## Problem to work on:
From the listing below, copy each line that holds "whose".
━━━━━━━━━━
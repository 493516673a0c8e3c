//! Laws of tasks. Each is the contract of a function that does nothing.

ghost use Rattle.task.specs.Breaches.{SomeAreNotSandboxed};
ghost use Rattle.task.specs.Confined.{TrustedTasksAreSandboxed};
ghost use Rattle.task.specs.Escapes.{SomeAreNotConfined};
ghost use Rattle.task.specs.KeptLimits.{PlansKeepLimits, TreesAreMadeInOrder};
ghost use Rattle.task.specs.Laws.{AllowedIsTested, FirstWorldsAreFirst, FirstWorldsAreWellFormed, PlanExists};

/// What is tested of a plan, fact by fact: its tree is one, with no removed node; names are words that are given once; no
/// place is in two grants; programs are valid; and first descriptors can be used, each at a number of its own.
pub fn plans_keep_limits()
    ensures { PlansKeepLimits }
{}

/// The tree can be made node by node, in the order of the task: none is refused.
pub fn trees_are_made_in_order()
    ensures { TreesAreMadeInOrder }
{}

/// A task starts in a well-formed world: its programs are valid, its tree is one, and what each first descriptor names is a
/// file or directory of it, or an end of an initial pair, both of whose ends are of its class.
pub fn first_worlds_are_well_formed()
    ensures { FirstWorldsAreWellFormed }
{}

/// A task's first world has the task's tree and processes, which stand at point 0 with all registers 0; each first
/// descriptor, and no other, at offset 0 and without flags; and nothing is queued. Two descriptors share a description exactly
/// if they are of one side of one pair; one of a file or directory shares its own with no other.
pub fn first_worlds_are_first()
    ensures { FirstWorldsAreFirst }
{}

/// What the test of a policy allows is what a grant lists at a place that goes on from its path, name by name.
pub fn allowed_operations_are_tested()
    ensures { AllowedIsTested }
{}

/// Some plan is valid, of a dozen nodes, two grants and two processes with descriptors on nodes and on ends: so the laws
/// speak of something.
pub fn a_valid_plan_exists()
    ensures { PlanExists }
{}

/// To be sandboxed says something. These tasks aren't: one whose process lacks the right for its call; one that opens a
/// file by its path alone in the mode; one that writes in a grant that lists reading alone; and one that moves a file in a
/// grant that lists removing alone, where the second of two effects isn't allowed. And a step isn't safe in which a process that
/// calls nothing has a descriptor more, though its line shows nothing of that; no step of the kernel is such a one.
pub fn some_tasks_are_not_sandboxed()
    ensures { SomeAreNotSandboxed }
{}

/// A task that is confined is sandboxed, where no program of it is marked.
pub fn trusted_tasks_are_sandboxed()
    ensures { TrustedTasksAreSandboxed }
{}

/// To be confined says something. These tasks of a trusted program and a marked one aren't: one whose marked process holds a
/// directory with a right too many, and uses it; one whose trusted process reads through what the marked one sends it, which
/// can't be read through; and one whose trusted process sends the root with all rights, and the marked one makes a directory there.
pub fn some_tasks_are_not_confined()
    ensures { SomeAreNotConfined }
{}
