impl Candidate {
    // The candidate of False.
    pub fn of_false() -> Candidate
        ensures { result ≡ false_candidate }
    {
        let ty = Type::of_false();
        let ext = ExtData::FALSE();
        let cost = Cost::FALSE();
        over(FALSE, NO_CHILD, NO_CHILD, NO_CHILD, ty, ext, cost)
    }

    // The candidate of True.
    pub fn of_true() -> Candidate
        ensures { result ≡ true_candidate }
    {
        let ty = Type::of_true();
        let ext = ExtData::TRUE();
        let cost = Cost::TRUE();
        over(TRUE, NO_CHILD, NO_CHILD, NO_CHILD, ty, ext, cost)
    }

    // The candidate of a key.
    pub fn pk_k(context: Context, held: u16) -> Candidate
        ensures { result ≡ pk_k context held }
    {
        let ty = Type::pk_k();
        let ext = ExtData::pk_k(context);
        let cost = Cost::pk_k(sig_type(context));
        over(PK_K, held, NO_CHILD, NO_CHILD, ty, ext, cost)
    }

    // The candidate of a key's hash.
    pub fn pk_h(context: Context, held: u16) -> Candidate
        ensures { result ≡ pk_h context held }
    {
        let ty = Type::pk_h();
        let ext = ExtData::pk_h(context);
        let cost = Cost::pk_h(sig_type(context));
        over(PK_H, held, NO_CHILD, NO_CHILD, ty, ext, cost)
    }

    // The candidate of After.
    pub fn after(t: u32, held: u16) -> Candidate
        ensures { result ≡ after t held }
    {
        let ty = Type::time();
        let ext = ExtData::after(t);
        let cost = Cost::time();
        over(AFTER, held, NO_CHILD, NO_CHILD, ty, ext, cost)
    }

    // The candidate of Older.
    pub fn older(t: u32, held: u16) -> Candidate
        ensures { result ≡ older t held }
    {
        let ty = Type::time();
        let ext = ExtData::older(t);
        let cost = Cost::time();
        over(OLDER, held, NO_CHILD, NO_CHILD, ty, ext, cost)
    }

    // The candidate of Sha256.
    pub fn sha256(held: u16) -> Candidate
        ensures { result ≡ sha256 held }
    {
        let ty = Type::hash();
        let ext = ExtData::sha256();
        let cost = Cost::hash();
        over(SHA256, held, NO_CHILD, NO_CHILD, ty, ext, cost)
    }

    // The candidate of Hash256.
    pub fn hash256(held: u16) -> Candidate
        ensures { result ≡ hash256 held }
    {
        let ty = Type::hash();
        let ext = ExtData::hash256();
        let cost = Cost::hash();
        over(HASH256, held, NO_CHILD, NO_CHILD, ty, ext, cost)
    }

    // The candidate of Ripemd160.
    pub fn ripemd160(held: u16) -> Candidate
        ensures { result ≡ ripemd160 held }
    {
        let ty = Type::hash();
        let ext = ExtData::ripemd160();
        let cost = Cost::hash();
        over(RIPEMD160, held, NO_CHILD, NO_CHILD, ty, ext, cost)
    }

    // The candidate of Hash160.
    pub fn hash160(held: u16) -> Candidate
        ensures { result ≡ hash160 held }
    {
        let ty = Type::hash();
        let ext = ExtData::hash160();
        let cost = Cost::hash();
        over(HASH160, held, NO_CHILD, NO_CHILD, ty, ext, cost)
    }

    // The candidate of k of n keys in SegWit v0.
    pub fn multi(k: u16, n: u16, held: u16) -> Candidate
        ensures { result ≡ multi k n held }
    {
        let ty = Type::multi();
        let ext = ExtData::multi(k, n);
        let cost = Cost::multi(k, n);
        over(MULTI, held, NO_CHILD, NO_CHILD, ty, ext, cost)
    }

    // The candidate of k of n keys in Tapscript.
    pub fn multi_a(k: u16, n: u16, held: u16) -> Candidate
        requires { (1 ≤ k) × (k ≤ n) }
        ensures { result ≡ multi_a k n held }
    {
        let ty = Type::multi_a();
        let ext = ExtData::multi_a(k, n);
        let cost = Cost::multi_a(k, n);
        over(MULTI_A, held, NO_CHILD, NO_CHILD, ty, ext, cost)
    }

    // The cast Check of this, which is node `node`.
    pub fn cast_check(self, node: u16) -> Result<Candidate, CastError>
        requires { Small self.ext }
        ensures { result ≡ cast_by check self node }
    {
        let ty = self.ty.cast_check()?;
        let ext = self.ext.cast_check();
        let cost = self.cost.cast_check();
        Ok(over(CHECK, node, NO_CHILD, NO_CHILD, ty, ext, cost))
    }

    // The cast DupIf of this, which is node `node`, in a context.
    pub fn cast_dupif(self, context: Context, node: u16) -> Result<Candidate, CastError>
        requires { Small self.ext }
        ensures { result ≡ cast_by (dupif context) self node }
    {
        let ty = self.ty.cast_dupif(context)?;
        let ext = self.ext.cast_dupif();
        let cost = self.cost.cast_dupif();
        Ok(over(DUP_IF, node, NO_CHILD, NO_CHILD, ty, ext, cost))
    }

    // The cast OrI(False, X), X being this, which is node `node`.
    pub fn cast_likely(self, node: u16) -> Result<Candidate, CastError>
        requires { Small self.ext }
        ensures { result ≡ cast_by likely self node }
    {
        let ty = self.ty.cast_likely()?;
        let ext = self.ext.cast_likely();
        let cost = self.cost.cast_likely();
        Ok(over(OR_I, FALSE_NODE, node, NO_CHILD, ty, ext, cost))
    }

    // The cast OrI(X, False), X being this, which is node `node`.
    pub fn cast_unlikely(self, node: u16) -> Result<Candidate, CastError>
        requires { Small self.ext }
        ensures { result ≡ cast_by unlikely self node }
    {
        let ty = self.ty.cast_unlikely()?;
        let ext = self.ext.cast_unlikely();
        let cost = self.cost.cast_unlikely();
        Ok(over(OR_I, node, FALSE_NODE, NO_CHILD, ty, ext, cost))
    }

    // The cast Verify of this, which is node `node`.
    pub fn cast_verify(self, node: u16) -> Result<Candidate, CastError>
        requires { Small self.ext }
        ensures { result ≡ cast_by verify self node }
    {
        let ty = self.ty.cast_verify()?;
        let ext = self.ext.cast_verify();
        let cost = self.cost.cast_verify();
        Ok(over(VERIFY, node, NO_CHILD, NO_CHILD, ty, ext, cost))
    }

    // The cast NonZero of this, which is node `node`.
    pub fn cast_nonzero(self, node: u16) -> Result<Candidate, CastError>
        requires { Small self.ext }
        ensures { result ≡ cast_by nonzero self node }
    {
        let ty = self.ty.cast_nonzero()?;
        let ext = self.ext.cast_nonzero();
        let cost = self.cost.cast_nonzero();
        Ok(over(NON_ZERO, node, NO_CHILD, NO_CHILD, ty, ext, cost))
    }

    // The cast AndV(X, True), X being this, which is node `node`.
    pub fn cast_true(self, node: u16) -> Result<Candidate, CastError>
        requires { Small self.ext }
        ensures { result ≡ cast_by true' self node }
    {
        let ty = self.ty.cast_true()?;
        let ext = self.ext.cast_true();
        let cost = self.cost.cast_true();
        Ok(over(AND_V, node, TRUE_NODE, NO_CHILD, ty, ext, cost))
    }

    // The cast Swap of this, which is node `node`.
    pub fn cast_swap(self, node: u16) -> Result<Candidate, CastError>
        requires { Small self.ext }
        ensures { result ≡ cast_by swap self node }
    {
        let ty = self.ty.cast_swap()?;
        let ext = self.ext.cast_swap();
        let cost = self.cost.cast_swap();
        Ok(over(SWAP, node, NO_CHILD, NO_CHILD, ty, ext, cost))
    }

    // The cast Alt of this, which is node `node`.
    pub fn cast_alt(self, node: u16) -> Result<Candidate, CastError>
        requires { Small self.ext }
        ensures { result ≡ cast_by alt self node }
    {
        let ty = self.ty.cast_alt()?;
        let ext = self.ext.cast_alt();
        let cost = self.cost.cast_alt();
        Ok(over(ALT, node, NO_CHILD, NO_CHILD, ty, ext, cost))
    }

    // The cast ZeroNotEqual of this, which is node `node`.
    pub fn cast_zeronotequal(self, node: u16) -> Result<Candidate, CastError>
        requires { Small self.ext }
        ensures { result ≡ cast_by zeronotequal self node }
    {
        let ty = self.ty.cast_zeronotequal()?;
        let ext = self.ext.cast_zeronotequal();
        let cost = self.cost.cast_zeronotequal();
        Ok(over(ZERO_NOT_EQUAL, node, NO_CHILD, NO_CHILD, ty, ext, cost))
    }

    // The cast of a number, of this, which is node `node`, in a context.
    #[tactic(auto, unfolding(crate::specs::Casts::cast_from))]
    pub fn cast(self, context: Context, node: u16, number: u8) -> Result<Candidate, CastError>
        requires { Small self.ext }
        ensures { result ≡ cast_of context number self node }
    {
        // A cast stays a number: the definition tries them in this order, 0 to 9.
        match number {
            0 => self.cast_check(node),
            1 => self.cast_dupif(context, node),
            2 => self.cast_likely(node),
            3 => self.cast_unlikely(node),
            4 => self.cast_verify(node),
            5 => self.cast_nonzero(node),
            6 => self.cast_true(node),
            7 => self.cast_swap(node),
            8 => self.cast_alt(node),
            9 => self.cast_zeronotequal(node),
            10..=255 => Err(CastError::Unknown),
        }
    }

    // The pair AndB of l and r, each followed by its node, at the probabilities of its branches.
    pub fn and_b(
        l: Candidate,
        l_node: u16,
        r: Candidate,
        r_node: u16,
        lprob: f64,
        rprob: f64,
    ) -> Result<Candidate, NotMade>
        requires { Small l.ext × Small r.ext }
        ensures { result ≡ pair_by and_b l l_node r r_node lprob rprob }
    {
        let ty = Type::and_b(l.ty, r.ty)?;
        let ext = ExtData::and_b(l.ext, r.ext);
        let cost = Cost::and_b(l.cost, r.cost);
        Ok(over(AND_B, l_node, r_node, NO_CHILD, ty, ext, cost))
    }

    // The pair AndV of l and r, each followed by its node, at the probabilities of its branches.
    pub fn and_v(
        l: Candidate,
        l_node: u16,
        r: Candidate,
        r_node: u16,
        lprob: f64,
        rprob: f64,
    ) -> Result<Candidate, NotMade>
        requires { Small l.ext × Small r.ext }
        ensures { result ≡ pair_by and_v l l_node r r_node lprob rprob }
    {
        let ty = Type::and_v(l.ty, r.ty)?;
        let ext = ExtData::and_v(l.ext, r.ext);
        let cost = Cost::and_v(l.cost, r.cost);
        Ok(over(AND_V, l_node, r_node, NO_CHILD, ty, ext, cost))
    }

    // The pair OrB of l and r, each followed by its node, at the probabilities of its branches.
    pub fn or_b(
        l: Candidate,
        l_node: u16,
        r: Candidate,
        r_node: u16,
        lprob: f64,
        rprob: f64,
    ) -> Result<Candidate, NotMade>
        requires { Small l.ext × Small r.ext }
        ensures { result ≡ pair_by or_b l l_node r r_node lprob rprob }
    {
        let ty = Type::or_b(l.ty, r.ty)?;
        let ext = ExtData::or_b(l.ext, r.ext);
        let cost = Cost::or_b(l.cost, r.cost, lprob, rprob).ok_or(NotMade::Missing)?;
        Ok(over(OR_B, l_node, r_node, NO_CHILD, ty, ext, cost))
    }

    // The pair OrD of l and r, each followed by its node, at the probabilities of its branches.
    pub fn or_d(
        l: Candidate,
        l_node: u16,
        r: Candidate,
        r_node: u16,
        lprob: f64,
        rprob: f64,
    ) -> Result<Candidate, NotMade>
        requires { Small l.ext × Small r.ext }
        ensures { result ≡ pair_by or_d l l_node r r_node lprob rprob }
    {
        let ty = Type::or_d(l.ty, r.ty)?;
        let ext = ExtData::or_d(l.ext, r.ext);
        let cost = Cost::or_d(l.cost, r.cost, lprob, rprob).ok_or(NotMade::Missing)?;
        Ok(over(OR_D, l_node, r_node, NO_CHILD, ty, ext, cost))
    }

    // The pair OrC of l and r, each followed by its node, at the probabilities of its branches.
    pub fn or_c(
        l: Candidate,
        l_node: u16,
        r: Candidate,
        r_node: u16,
        lprob: f64,
        rprob: f64,
    ) -> Result<Candidate, NotMade>
        requires { Small l.ext × Small r.ext }
        ensures { result ≡ pair_by or_c l l_node r r_node lprob rprob }
    {
        let ty = Type::or_c(l.ty, r.ty)?;
        let ext = ExtData::or_c(l.ext, r.ext);
        let cost = Cost::or_c(l.cost, r.cost, lprob, rprob).ok_or(NotMade::Missing)?;
        Ok(over(OR_C, l_node, r_node, NO_CHILD, ty, ext, cost))
    }

    // The pair OrI of l and r, each followed by its node, at the probabilities of its branches.
    pub fn or_i(
        l: Candidate,
        l_node: u16,
        r: Candidate,
        r_node: u16,
        lprob: f64,
        rprob: f64,
    ) -> Result<Candidate, NotMade>
        requires { Small l.ext × Small r.ext }
        ensures { result ≡ pair_by or_i l l_node r r_node lprob rprob }
    {
        let ty = Type::or_i(l.ty, r.ty)?;
        let ext = ExtData::or_i(l.ext, r.ext);
        let cost = Cost::or_i(l.cost, r.cost, lprob, rprob);
        Ok(over(OR_I, l_node, r_node, NO_CHILD, ty, ext, cost))
    }

    // The pair of a kind, of l and r, each followed by its node, at the probabilities of its branches.
    #[tactic(auto, unfolding(crate::specs::Pairs::pair_from))]
    pub fn pair(
        kind: u16,
        l: Candidate,
        l_node: u16,
        r: Candidate,
        r_node: u16,
        lprob: f64,
        rprob: f64,
    ) -> Result<Candidate, NotMade>
        requires { Small l.ext × Small r.ext }
        ensures { result ≡ pair_of kind l l_node r r_node lprob rprob }
    {
        // A kind stays a number: a record or a node holds one, and the contract answers on every number.
        match kind {
            0..=48 => Err(NotMade::PassedOver),
            49 => Candidate::and_b(l, l_node, r, r_node, lprob, rprob),
            50 => Candidate::and_v(l, l_node, r, r_node, lprob, rprob),
            51 => Candidate::or_b(l, l_node, r, r_node, lprob, rprob),
            52 => Candidate::or_d(l, l_node, r, r_node, lprob, rprob),
            53 => Candidate::or_c(l, l_node, r, r_node, lprob, rprob),
            54 => Candidate::or_i(l, l_node, r, r_node, lprob, rprob),
            55..=65535 => Err(NotMade::PassedOver),
        }
    }

    // The triple AndOr of a, b and c, each followed by its node, at the probability of a and b and at that of c.
    pub fn and_or(
        a: Candidate,
        a_node: u16,
        b: Candidate,
        b_node: u16,
        c: Candidate,
        c_node: u16,
        aprob: f64,
        cprob: f64,
    ) -> Result<Candidate, NotMade>
        requires { Small a.ext × (Small b.ext × Small c.ext) }
        ensures { result ≡ and_or a a_node b b_node c c_node aprob cprob }
    {
        let ty = Type::and_or(a.ty, b.ty, c.ty)?;
        let ext = ExtData::and_or(a.ext, b.ext, c.ext);
        let cost = Cost::and_or(a.cost, b.cost, c.cost, aprob, cprob).ok_or(NotMade::Missing)?;
        Ok(over(AND_OR, a_node, b_node, c_node, ty, ext, cost))
    }

    // What this costs at the probabilities of satisfaction and of dissatisfaction.
    pub fn cost_at(self, sat_prob: f64, dissat_prob: Option<f64>) -> Price
        requires { Small self.ext }
        ensures { result ≡ cost_at self sat_prob dissat_prob }
    {
        cost_1d(self.ext.pk_cost as u32, self.cost, sat_prob, dissat_prob)
    }
}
━━━━━━━━━━
## Solution to this task:
/// file or directory of it, or an end of an initial pair, both of whose ends are of its class.
/// To be sandboxed says something. These tasks aren't: one whose process lacks the right for its call; one that opens a
/// To be confined says something. These tasks of a trusted program and a marked one aren't: one whose marked process holds a
/// directory with a right too many, and uses it; one whose trusted process reads through what the marked one sends it, which
/// can't be read through; and one whose trusted process sends the root with all rights, and the marked one makes a directory there.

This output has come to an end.